[Required action] What you give back should be exactly the opening lines of the data, ending with the line that contains "const BLOB: [u8;" and including it.

═══ Records ═══

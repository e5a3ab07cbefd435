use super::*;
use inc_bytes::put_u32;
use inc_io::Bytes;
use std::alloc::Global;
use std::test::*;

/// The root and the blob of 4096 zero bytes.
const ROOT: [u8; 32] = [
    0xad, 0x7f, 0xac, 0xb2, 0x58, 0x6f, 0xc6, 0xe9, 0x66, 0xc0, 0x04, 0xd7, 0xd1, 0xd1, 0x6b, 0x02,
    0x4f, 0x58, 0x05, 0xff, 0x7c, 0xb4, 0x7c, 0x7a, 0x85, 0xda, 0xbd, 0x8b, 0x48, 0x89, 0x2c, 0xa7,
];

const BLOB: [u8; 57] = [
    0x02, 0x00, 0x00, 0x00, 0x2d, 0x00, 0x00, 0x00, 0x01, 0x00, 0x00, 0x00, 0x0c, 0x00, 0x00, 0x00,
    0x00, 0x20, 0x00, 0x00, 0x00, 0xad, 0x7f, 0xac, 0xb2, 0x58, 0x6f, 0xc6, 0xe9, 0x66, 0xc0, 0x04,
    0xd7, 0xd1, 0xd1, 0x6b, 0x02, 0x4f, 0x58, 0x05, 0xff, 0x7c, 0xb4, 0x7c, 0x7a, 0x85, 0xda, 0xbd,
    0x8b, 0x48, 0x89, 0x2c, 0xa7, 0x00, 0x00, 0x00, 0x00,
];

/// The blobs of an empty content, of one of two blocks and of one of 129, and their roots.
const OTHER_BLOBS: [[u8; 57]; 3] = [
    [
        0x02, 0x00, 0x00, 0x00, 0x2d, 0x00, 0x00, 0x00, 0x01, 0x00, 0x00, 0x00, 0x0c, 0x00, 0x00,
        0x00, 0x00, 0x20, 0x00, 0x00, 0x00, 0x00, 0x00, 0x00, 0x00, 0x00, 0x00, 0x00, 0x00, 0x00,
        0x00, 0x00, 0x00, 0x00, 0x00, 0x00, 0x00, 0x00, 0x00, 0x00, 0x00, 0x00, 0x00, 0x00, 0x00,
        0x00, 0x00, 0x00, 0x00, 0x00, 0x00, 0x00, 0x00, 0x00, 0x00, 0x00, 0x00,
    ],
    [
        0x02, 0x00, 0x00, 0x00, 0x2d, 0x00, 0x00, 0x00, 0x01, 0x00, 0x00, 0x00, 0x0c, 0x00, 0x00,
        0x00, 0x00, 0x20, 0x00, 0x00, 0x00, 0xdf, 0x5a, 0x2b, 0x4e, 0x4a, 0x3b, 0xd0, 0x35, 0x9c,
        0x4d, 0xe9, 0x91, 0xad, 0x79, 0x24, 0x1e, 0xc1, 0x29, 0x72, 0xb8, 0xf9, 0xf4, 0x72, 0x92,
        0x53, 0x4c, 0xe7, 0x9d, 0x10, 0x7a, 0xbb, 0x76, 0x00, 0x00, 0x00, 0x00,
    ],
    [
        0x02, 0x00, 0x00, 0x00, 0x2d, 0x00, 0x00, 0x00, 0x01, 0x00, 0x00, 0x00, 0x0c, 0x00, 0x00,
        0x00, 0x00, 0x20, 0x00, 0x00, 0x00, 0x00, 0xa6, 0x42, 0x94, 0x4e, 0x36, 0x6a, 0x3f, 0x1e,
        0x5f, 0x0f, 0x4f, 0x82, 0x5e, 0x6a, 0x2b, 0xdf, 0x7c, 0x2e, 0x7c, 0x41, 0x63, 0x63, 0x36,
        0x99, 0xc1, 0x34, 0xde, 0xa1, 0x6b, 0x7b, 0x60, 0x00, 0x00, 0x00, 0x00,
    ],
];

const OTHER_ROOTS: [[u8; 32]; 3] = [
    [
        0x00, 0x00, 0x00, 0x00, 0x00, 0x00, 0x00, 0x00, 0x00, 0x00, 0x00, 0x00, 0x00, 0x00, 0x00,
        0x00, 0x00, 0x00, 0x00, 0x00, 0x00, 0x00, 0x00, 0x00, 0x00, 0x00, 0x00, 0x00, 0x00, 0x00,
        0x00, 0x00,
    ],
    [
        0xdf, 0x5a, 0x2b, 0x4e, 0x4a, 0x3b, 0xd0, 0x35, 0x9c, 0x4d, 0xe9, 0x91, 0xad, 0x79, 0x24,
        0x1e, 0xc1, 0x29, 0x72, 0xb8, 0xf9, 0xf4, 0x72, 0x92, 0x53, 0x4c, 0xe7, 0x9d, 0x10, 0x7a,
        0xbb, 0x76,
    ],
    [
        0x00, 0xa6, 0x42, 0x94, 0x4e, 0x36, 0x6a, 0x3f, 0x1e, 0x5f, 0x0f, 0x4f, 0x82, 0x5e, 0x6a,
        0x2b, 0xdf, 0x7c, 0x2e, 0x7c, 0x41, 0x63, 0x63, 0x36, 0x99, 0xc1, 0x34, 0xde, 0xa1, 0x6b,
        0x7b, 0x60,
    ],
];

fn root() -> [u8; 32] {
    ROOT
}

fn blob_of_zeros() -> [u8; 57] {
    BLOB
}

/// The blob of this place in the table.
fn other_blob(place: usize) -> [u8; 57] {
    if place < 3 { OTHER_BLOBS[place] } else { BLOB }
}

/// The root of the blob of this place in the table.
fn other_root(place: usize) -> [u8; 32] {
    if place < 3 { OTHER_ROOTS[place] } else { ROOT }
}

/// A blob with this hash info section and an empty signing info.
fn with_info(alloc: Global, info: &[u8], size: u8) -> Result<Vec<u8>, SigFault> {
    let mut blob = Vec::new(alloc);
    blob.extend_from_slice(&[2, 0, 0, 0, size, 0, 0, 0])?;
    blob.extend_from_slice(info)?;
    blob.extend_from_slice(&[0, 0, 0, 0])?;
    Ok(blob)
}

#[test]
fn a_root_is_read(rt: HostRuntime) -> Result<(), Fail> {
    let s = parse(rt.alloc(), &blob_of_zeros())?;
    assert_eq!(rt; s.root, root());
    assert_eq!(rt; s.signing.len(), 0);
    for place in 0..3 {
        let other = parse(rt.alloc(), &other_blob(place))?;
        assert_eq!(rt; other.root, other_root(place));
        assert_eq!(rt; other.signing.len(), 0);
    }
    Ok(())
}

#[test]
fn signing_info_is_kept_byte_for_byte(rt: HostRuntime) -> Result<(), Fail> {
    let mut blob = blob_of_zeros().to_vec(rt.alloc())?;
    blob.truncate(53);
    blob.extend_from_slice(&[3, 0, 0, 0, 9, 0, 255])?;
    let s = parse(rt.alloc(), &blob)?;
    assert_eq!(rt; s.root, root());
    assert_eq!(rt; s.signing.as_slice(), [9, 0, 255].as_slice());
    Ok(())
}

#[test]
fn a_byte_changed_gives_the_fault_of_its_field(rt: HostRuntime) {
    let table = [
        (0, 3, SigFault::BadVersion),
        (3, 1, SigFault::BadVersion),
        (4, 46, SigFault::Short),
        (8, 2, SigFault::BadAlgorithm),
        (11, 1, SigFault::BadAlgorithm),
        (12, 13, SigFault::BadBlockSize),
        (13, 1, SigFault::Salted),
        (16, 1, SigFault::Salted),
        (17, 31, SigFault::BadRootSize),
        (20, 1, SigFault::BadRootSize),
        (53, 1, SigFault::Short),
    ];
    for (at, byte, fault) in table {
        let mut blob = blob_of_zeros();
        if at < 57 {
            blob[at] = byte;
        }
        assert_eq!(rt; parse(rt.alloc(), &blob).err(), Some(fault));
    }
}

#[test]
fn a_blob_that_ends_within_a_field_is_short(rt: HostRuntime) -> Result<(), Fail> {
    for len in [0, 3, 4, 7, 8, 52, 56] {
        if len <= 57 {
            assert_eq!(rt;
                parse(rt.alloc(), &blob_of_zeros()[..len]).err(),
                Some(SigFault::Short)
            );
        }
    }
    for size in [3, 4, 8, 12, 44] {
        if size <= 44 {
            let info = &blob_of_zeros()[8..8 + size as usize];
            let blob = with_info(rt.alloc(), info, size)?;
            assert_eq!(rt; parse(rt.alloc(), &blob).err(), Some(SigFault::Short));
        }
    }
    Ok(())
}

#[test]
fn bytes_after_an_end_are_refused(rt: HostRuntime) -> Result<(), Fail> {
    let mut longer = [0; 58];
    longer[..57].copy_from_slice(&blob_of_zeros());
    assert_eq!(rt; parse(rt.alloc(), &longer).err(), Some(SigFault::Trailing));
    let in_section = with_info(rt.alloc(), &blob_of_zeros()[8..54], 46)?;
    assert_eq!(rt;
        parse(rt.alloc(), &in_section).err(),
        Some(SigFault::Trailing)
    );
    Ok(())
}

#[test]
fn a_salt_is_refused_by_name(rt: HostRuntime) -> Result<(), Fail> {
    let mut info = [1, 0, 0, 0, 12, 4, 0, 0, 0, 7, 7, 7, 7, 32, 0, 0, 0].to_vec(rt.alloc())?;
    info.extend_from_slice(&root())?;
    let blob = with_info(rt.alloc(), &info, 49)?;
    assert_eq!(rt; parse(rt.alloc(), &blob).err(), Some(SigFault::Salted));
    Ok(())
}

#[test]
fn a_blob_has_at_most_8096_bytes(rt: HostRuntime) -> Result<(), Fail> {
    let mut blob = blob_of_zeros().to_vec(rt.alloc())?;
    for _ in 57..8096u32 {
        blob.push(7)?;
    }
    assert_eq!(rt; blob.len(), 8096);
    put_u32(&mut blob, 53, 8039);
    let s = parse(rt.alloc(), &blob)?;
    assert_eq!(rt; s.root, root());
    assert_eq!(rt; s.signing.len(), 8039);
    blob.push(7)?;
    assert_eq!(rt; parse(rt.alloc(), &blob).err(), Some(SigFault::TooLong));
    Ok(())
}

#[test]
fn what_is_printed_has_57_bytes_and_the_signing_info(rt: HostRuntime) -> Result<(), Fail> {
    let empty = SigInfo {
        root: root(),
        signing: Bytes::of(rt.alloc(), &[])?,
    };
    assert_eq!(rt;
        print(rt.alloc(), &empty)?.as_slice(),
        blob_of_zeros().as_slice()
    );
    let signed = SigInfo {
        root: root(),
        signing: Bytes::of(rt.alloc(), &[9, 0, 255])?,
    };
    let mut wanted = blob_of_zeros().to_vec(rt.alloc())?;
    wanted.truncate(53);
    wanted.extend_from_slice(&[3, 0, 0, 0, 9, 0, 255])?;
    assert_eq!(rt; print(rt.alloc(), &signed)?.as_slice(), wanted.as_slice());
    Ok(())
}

═══

[Answer for the task]
repository e5a3ab07cbefd435
use super::*;
use inc_bytes::put_u32;
use inc_io::Bytes;
use std::alloc::Global;
use std::test::*;

/// The root and the blob of 4096 zero bytes.
const ROOT: [u8; 32] = [
    0xad, 0x7f, 0xac, 0xb2, 0x58, 0x6f, 0xc6, 0xe9, 0x66, 0xc0, 0x04, 0xd7, 0xd1, 0xd1, 0x6b, 0x02,
    0x4f, 0x58, 0x05, 0xff, 0x7c, 0xb4, 0x7c, 0x7a, 0x85, 0xda, 0xbd, 0x8b, 0x48, 0x89, 0x2c, 0xa7,
];

const BLOB: [u8; 57] = [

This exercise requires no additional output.